The Subject Matter Experts have a fair amount of power within their subject area, and at least enough RBAC access to do their job comfortably.  Without enough access here, the Experts will become frustrated, and decrease their use of the tool in favor of anything that will give them freedom to get the job done with minimum friction, even if it may be a substantially lower-quality or feature competitor (think Puppet or ssh-keys).  For infrastructure-heavy use cases like Provisioning and Patching, they may have a fair amount of access to the core platform, potentially including provisional membership in BLAdmins or an equivalent role.  There tends to be at least one or two SMEs per use case, and one per use case and platform for Patching and Provisioning.  In environments with 25,000 servers or more, there tends to be at least a dedicated SME for Reporting, one for each Patching platform, one for each Provisioning platform, and at least a couple for Compliance (usually aligned UNIX/Windows).  They will usually also be the person to carry the responsibility for executing the business's needs in their given subject area.  This ensures that those doing the work are working from the latest requirements.  As to support, the SMEs may open their own tickets on subject-area issues, but often work with the Platform Owners for infrastructure issues.  For business critical use cases or large environments (25,000+), there are usually several SMEs in a given subject area, sometimes aligned with content creation vs. use case execution or operations.  Report execution and quality control tends to be at least a part time job in any environment with a critical use case (like Compliance for highly regulated industries).

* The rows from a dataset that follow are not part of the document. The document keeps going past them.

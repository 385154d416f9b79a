//! Lines of traces that are forgotten.

ghost use Rattle.embed_world.specs.Calls as worlds;
ghost use Rattle.embed_world.specs.Viewers as viewers;
ghost use Rattle.embed_world.specs.Status.{Calls, status_of_forget};
ghost use Rattle.embed_world.specs.declared.world.EmbeddedWorld.{EmbeddedWorld as World};
ghost use Rattle.embed_world.specs.declared.viewer.EmbeddedViewer.{EmbeddedViewer as Viewer};

use embed_handles::{ViewerHandle, WorldHandle, viewer_handle, world_handle};
use embed_world::{CLOSED, status_of_forget};
use std::alloc::Global;

/// Forgets the lines of a world's trace of inputs with a number below `below`.
#[unsafe(no_mangle)]
pub extern "C" fn x3d_world_forget_below(alloc: Global, handle: &mut WorldHandle, below: u64) -> u8
    ensures { Calls (λ (w : World). worlds.Forgets w below) status_of_forget handle.old.world result
        handle.new.world }
{
    let Some(mut world) = world_handle::take(handle, alloc) else {
        return CLOSED;
    };
    let answer = world.forget_below(below);
    world_handle::put(handle, alloc, world);
    status_of_forget(answer)
}

/// Forgets the lines of the trace of a viewer's world, like those of a world.
#[unsafe(no_mangle)]
pub extern "C" fn x3d_viewer_forget_below(
    alloc: Global,
    handle: &mut ViewerHandle,
    below: u64,
) -> u8
    ensures { Calls (λ (v : Viewer). viewers.Forgets v below) status_of_forget
        handle.old.viewer result handle.new.viewer }
{
    let Some(mut viewer) = viewer_handle::take(handle, alloc) else {
        return CLOSED;
    };
    let answer = viewer.forget_below(below);
    viewer_handle::put(handle, alloc, viewer);
    status_of_forget(answer)
}
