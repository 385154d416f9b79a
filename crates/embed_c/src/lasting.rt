//! A host whose program has its log: it begins with the bytes of stored entries.

ghost use Rattle.std.specs.Prelude.{◌≡◌, None};
ghost use Rattle.std.specs.Result.{result_map_both};
ghost use Rattle.embed_world.specs.Lasting.{Begins};
ghost use Rattle.embed_world.specs.Logs.{Resumes};
ghost use Rattle.embed_world.specs.declared.host.EmbeddedHost.{EmbeddedHost as Embedded};
ghost use Rattle.embed_world.specs.Status.{Asks};
ghost use Rattle.embed_c.specs.LogAnswers.{AnswersAt, Appends, AppendsAt, HostResumes, is_over, left_by};

use embed_handles::HostHandle;
use embed_handles::host_handle::{put, take};
use embed_world::{
    Append, AppendFault, CLOSED, DONE, EmbeddedHost, LogFault, RANGE, answer_of, copy_text,
    status_of_answer, status_of_append, status_of_log, tell_entry,
};
use std::alloc::Global;

/// Frees the host of a handle, if it has one.
fn empty(alloc: Global, handle: &mut HostHandle)
    ensures { handle.new.host ≡ None }
{
    drop(take(handle, alloc));
}

/// Returns a host on the heap that the bytes of a log make.
fn boxed(alloc: Global, text: &[u8], viewers: u8, log: &[u8]) -> Result<Box<EmbeddedHost>, LogFault>
    ensures { Resumes text.now viewers log.now
        (result_map_both (λ b. b.value) (λ fault. fault) result) }
{
    let host = EmbeddedHost::resume(alloc, text, viewers, log)?;
    match Box::new(alloc, host) {
        Ok(host) => Ok(host),
        Err(_refused) => Err(LogFault::Memory),
    }
}

/// Opens the host of a scene's text that the bytes of a log make, in place of the one that the
/// handle had. On a refusal the handle is empty, and `entry` becomes the number of the first wrong
/// entry, if one is wrong.
#[unsafe(no_mangle)]
pub extern "C" fn x3d_host_resume(
    alloc: Global,
    handle: &mut HostHandle,
    text: &[u8],
    viewers: u8,
    log: &[u8],
    entry: &mut u64,
) -> u8
    ensures { HostResumes text.now viewers log.now result handle.new.host entry.old entry.new }
{
    empty(alloc, handle);
    match boxed(alloc, text, viewers, log) {
        Ok(host) => {
            put(handle, alloc, host);
            DONE
        }
        Err(fault) => {
            tell_entry(fault, entry);
            status_of_log(fault)
        }
    }
}

/// Copies the bytes of an append, if there is room for all of them, and writes its token.
fn copy_append(
    answer: Result<Append, AppendFault>,
    token: &mut u32,
    out: &mut [u8],
    wanted: &mut usize,
) -> u8
    ensures { AppendsAt answer token.old token.new result out.old wanted.old wanted.new out.new }
{
    match answer {
        Ok(append) => {
            *token = append.token;
            copy_text(out, append.bytes.as_slice(), wanted)
        }
        Err(fault) => status_of_append(fault),
    }
}

/// Copies the bytes of the append that is under way, and writes its token. If there is none, it
/// first begins one of all entries that wait.
#[unsafe(no_mangle)]
pub extern "C" fn x3d_host_pending(
    alloc: Global,
    handle: &mut HostHandle,
    token: &mut u32,
    out: &mut [u8],
    wanted: &mut usize,
) -> u8
    ensures { Appends Begins handle.old.host result handle.new.host token.old
        token.new out.old wanted.old wanted.new out.new }
{
    let Some(mut host) = take(handle, alloc) else {
        return CLOSED;
    };
    let answer = host.pending(alloc);
    put(handle, alloc, host);
    copy_append(answer, token, out, wanted)
}

fn is_over(answer: &Result<bool, AppendFault>) -> bool
    ensures { result ≡ is_over answer.now }
{
    match answer {
        Ok(goes_on) => !*goes_on,
        Err(_) => false,
    }
}

/// Puts a host back into an empty handle, unless it is over.
fn leave(
    alloc: Global,
    handle: &mut HostHandle,
    host: Box<EmbeddedHost>,
    answer: &Result<bool, AppendFault>,
)
    requires { handle.old.host ≡ None }
    ensures { handle.new.host ≡ left_by answer.now host.value }
{
    if is_over(answer) {
        drop(host);
        return;
    }
    put(handle, alloc, host);
}

/// Takes what the program's log answered to the append with this token: 0 if its entries are
/// stored, 1 if the log has others there, 2 if that is in doubt. After 1 and 2 the handle is empty.
#[unsafe(no_mangle)]
pub extern "C" fn x3d_host_stored(
    alloc: Global,
    handle: &mut HostHandle,
    token: u32,
    answer: u8,
) -> u8
    ensures { AnswersAt token answer handle.old.host result handle.new.host }
{
    let Some(given) = answer_of(answer) else {
        return RANGE;
    };
    let Some(mut host) = take(handle, alloc) else {
        return CLOSED;
    };
    let told = host.answer(token, given);
    leave(alloc, handle, host, &told);
    status_of_answer(told)
}

/// Writes the time of the last input in microseconds, or 0 before the first, to `time`.
#[unsafe(no_mangle)]
pub extern "C" fn x3d_host_time(alloc: Global, handle: &mut HostHandle, time: &mut i64) -> u8
    ensures kept { handle.new.host ≡ handle.old.host }
    ensures time { Asks (λ (h : Embedded). h.host.part.last) handle.old.host result time.old
        time.new }
{
    let Some(host) = take(handle, alloc) else {
        return CLOSED;
    };
    *time = host.time();
    put(handle, alloc, host);
    DONE
}
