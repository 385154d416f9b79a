//! A log in a file: made or opened, read, and appended to.

ghost use Rattle.std.specs.Prelude.{◌≡◌, None, length};
ghost use Rattle.std.specs.Result.{result_map_both};
ghost use Rattle.sha2.specs.Sha256.{sha256};
ghost use Rattle.embed_logs.specs.Files as files;
ghost use Rattle.embed_logs.specs.LogFaults.{status_of_log_file};
ghost use Rattle.embed_logs.specs.declared.files.LogFile.{LogFile as Embedded};
ghost use Rattle.embed_world.specs.PeerStatus.{status_by};
ghost use Rattle.embed_world.specs.Status.{Asks, Calls, Copies};
ghost use Rattle.embed_c.specs.FileAnswers.{LogMakes, LogOpens, LogReads, ReadsLog, expected_of, opened_as, seats_of};

use embed_handles::LogHandle;
use embed_handles::log_handle::{put, take};
use embed_logs::{
    LogFile, LogFileFault, OpenedFile, make_file, open_file, status_of_log_file, tell_frame,
};
use embed_world::{CLOSED, DONE, MEMORY, copy_text};
use snapshot_core::scene_mark;
use std::alloc::Global;

/// Closes the log of a handle, if it has one.
fn empty(alloc: Global, handle: &mut LogHandle)
    ensures { handle.new.log ≡ None }
{
    drop(take(handle, alloc));
}

/// Makes a log on the heap.
fn made(alloc: Global, path: &[u8], text: &[u8], viewers: u8) -> Result<Box<LogFile>, LogFileFault>
    ensures { files.MakesFile (sha256 text.now) viewers
        (result_map_both (λ b. b.value) (λ fault. fault) result) }
{
    let file = make_file(alloc, path, scene_mark(text), viewers)?;
    match Box::new(alloc, file) {
        Ok(file) => Ok(file),
        Err(_refused) => Err(LogFileFault::Memory),
    }
}

/// Makes a log of a scene's text, for 1 to 64 viewers, in the file of this name, in place of the
/// one that the handle had. On a refusal the handle is empty.
#[unsafe(no_mangle)]
pub extern "C" fn x3d_log_make(
    alloc: Global,
    handle: &mut LogHandle,
    path: &[u8],
    text: &[u8],
    viewers: u8,
) -> u8
    ensures { LogMakes text.now viewers result handle.new.log }
{
    empty(alloc, handle);
    match made(alloc, path, text, viewers) {
        Ok(file) => {
            put(handle, alloc, file);
            DONE
        }
        Err(fault) => status_of_log_file(fault),
    }
}

/// Returns the number of viewers that a log is to have: any for 0.
fn seats_of(viewers: u8) -> Option<u8>
    ensures { result ≡ seats_of viewers }
{
    if viewers == 0 { None } else { Some(viewers) }
}

/// Opens a log, and puts it on the heap; returns how many bytes were cut, too.
fn opened(
    alloc: Global,
    path: &[u8],
    text: &[u8],
    viewers: u8,
) -> Result<(Box<LogFile>, u64), LogFileFault>
    ensures { files.OpensFile (expected_of text.now viewers)
        (result_map_both (λ p. opened_as p.0.value p.1) (λ fault. fault) result) }
{
    let opened = open_file(alloc, path, scene_mark(text), seats_of(viewers))?;
    let OpenedFile { file, cut } = opened;
    match Box::new(alloc, file) {
        Ok(file) => Ok((file, cut)),
        Err(_refused) => Err(LogFileFault::Memory),
    }
}

/// Opens the log of a scene's text in the file of this name, of this number of viewers or of any if
/// that is 0, in place of the one that the handle had. Writes to `place` how many bytes were cut.
/// On a refusal the handle is empty, and `place` becomes the number of the damaged frame, if one
/// is.
#[unsafe(no_mangle)]
pub extern "C" fn x3d_log_open(
    alloc: Global,
    handle: &mut LogHandle,
    path: &[u8],
    text: &[u8],
    viewers: u8,
    place: &mut u64,
) -> u8
    ensures { LogOpens text.now viewers result handle.new.log place.old place.new }
{
    empty(alloc, handle);
    match opened(alloc, path, text, viewers) {
        Ok((file, cut)) => {
            put(handle, alloc, file);
            *place = cut;
            DONE
        }
        Err(fault) => {
            tell_frame(fault, place);
            status_of_log_file(fault)
        }
    }
}

/// Closes the log. Does nothing if there is none.
#[unsafe(no_mangle)]
pub extern "C" fn x3d_log_close(alloc: Global, handle: &mut LogHandle)
    ensures { handle.new.log ≡ None }
{
    empty(alloc, handle);
}

fn status_of_append(answer: Result<(), LogFileFault>) -> u8
    ensures { result ≡ status_by status_of_log_file answer }
{
    match answer {
        Ok(()) => DONE,
        Err(fault) => status_of_log_file(fault),
    }
}

/// Appends the bytes of entries, as `x3d_host_pending` copies them.
#[unsafe(no_mangle)]
pub extern "C" fn x3d_log_append(alloc: Global, handle: &mut LogHandle, bytes: &[u8]) -> u8
    ensures { Calls (λ (f : Embedded). files.Appends bytes.now f) (status_by status_of_log_file)
        handle.old.log result handle.new.log }
{
    let Some(mut file) = take(handle, alloc) else {
        return CLOSED;
    };
    let answer = file.append(alloc, bytes);
    put(handle, alloc, file);
    status_of_append(answer)
}

/// Copies the bytes of a log if `out` has room for them, and writes their number to `wanted`.
fn copy_log(alloc: Global, file: &LogFile, out: &mut [u8], wanted: &mut usize) -> u8
    ensures { LogReads file.now result out.old wanted.old wanted.new out.new }
{
    match file.text(alloc) {
        Ok(text) => copy_text(out, &text, wanted),
        Err(_refused) => MEMORY,
    }
}

/// Copies the bytes of all entries, as `x3d_host_resume` takes them, if `out` has room for them,
/// and writes their number to `wanted`.
#[unsafe(no_mangle)]
pub extern "C" fn x3d_log_read(
    alloc: Global,
    handle: &mut LogHandle,
    out: &mut [u8],
    wanted: &mut usize,
) -> u8
    ensures kept { handle.new.log ≡ handle.old.log }
    ensures text { ReadsLog handle.old.log result out.old wanted.old wanted.new out.new }
{
    let Some(file) = take(handle, alloc) else {
        return CLOSED;
    };
    let status = copy_log(alloc, &file, out, wanted);
    put(handle, alloc, file);
    status
}

/// Writes the number of entries.
#[unsafe(no_mangle)]
pub extern "C" fn x3d_log_count(alloc: Global, handle: &mut LogHandle, count: &mut u64) -> u8
    ensures kept { handle.new.log ≡ handle.old.log }
    ensures count { Asks (λ (f : Embedded). length f.log.entries.items) handle.old.log result
        count.old count.new }
{
    let Some(file) = take(handle, alloc) else {
        return CLOSED;
    };
    *count = file.count();
    put(handle, alloc, file);
    DONE
}

/// Writes the number of viewers.
#[unsafe(no_mangle)]
pub extern "C" fn x3d_log_viewers(alloc: Global, handle: &mut LogHandle, count: &mut u32) -> u8
    ensures kept { handle.new.log ≡ handle.old.log }
    ensures count { Asks (λ (f : Embedded). f.log.head.viewers) handle.old.log result
        count.old count.new }
{
    let Some(file) = take(handle, alloc) else {
        return CLOSED;
    };
    *count = u32::from(file.viewers());
    put(handle, alloc, file);
    DONE
}

/// Copies what names the log, 16 bytes, if `out` has room for them, and writes their number to
/// `wanted`.
#[unsafe(no_mangle)]
pub extern "C" fn x3d_log_copy_run(
    alloc: Global,
    handle: &mut LogHandle,
    out: &mut [u8],
    wanted: &mut usize,
) -> u8
    ensures kept { handle.new.log ≡ handle.old.log }
    ensures run { Copies (λ (f : Embedded). f.log.head.run) handle.old.log result out.old
        wanted.old wanted.new out.new }
{
    let Some(file) = take(handle, alloc) else {
        return CLOSED;
    };
    let run = file.run();
    put(handle, alloc, file);
    copy_text(out, &run, wanted)
}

In organizations where there are separate Build and Run or Engineering and Operations groups, the Subject Matter Expert may be in the Build/Engineering role, or there may be another Operational owner for executing the use case.  This is especially common around Patching and Provisioning use cases.  In the case of Patching, since it often is executed  for narrow windows of time as a large scale activity (2-3 days per month on Windows, less frequently for UNIX), the Operational owner will often supervise a small group of end users that execute Patching and audit/QC the results.  Typical ratios here are somewhere between 125 servers per 1 patch administrator at the low end to over 5,000 servers per 1 patch administrator for well-organized enterprises.  The total number of Subject Matter Experts can be as low as 2-3 for small customers, or as many as 25 or more SMEs for large environments with several use cases in play.


The end users who are focused on a single use case should ideally work primarily with their Subject Matter Experts for guidance and initial troubleshooting, since they have the highest shared context around how the organization is working a given problem or use case.  In > 10,000 server environments, as they are unlikely to be platform experts or have access to the core platform, basic platform troubleshooting usually goes through the SMEs or through the local product expert.  There may be hundreds or thousands of end users, so it's important to have a scaled level of support staff sufficient to answer questions and address their requests.  Otherwise, the platform owner team will quickly become overwhelmed and frustrated, and quality of service will degrade.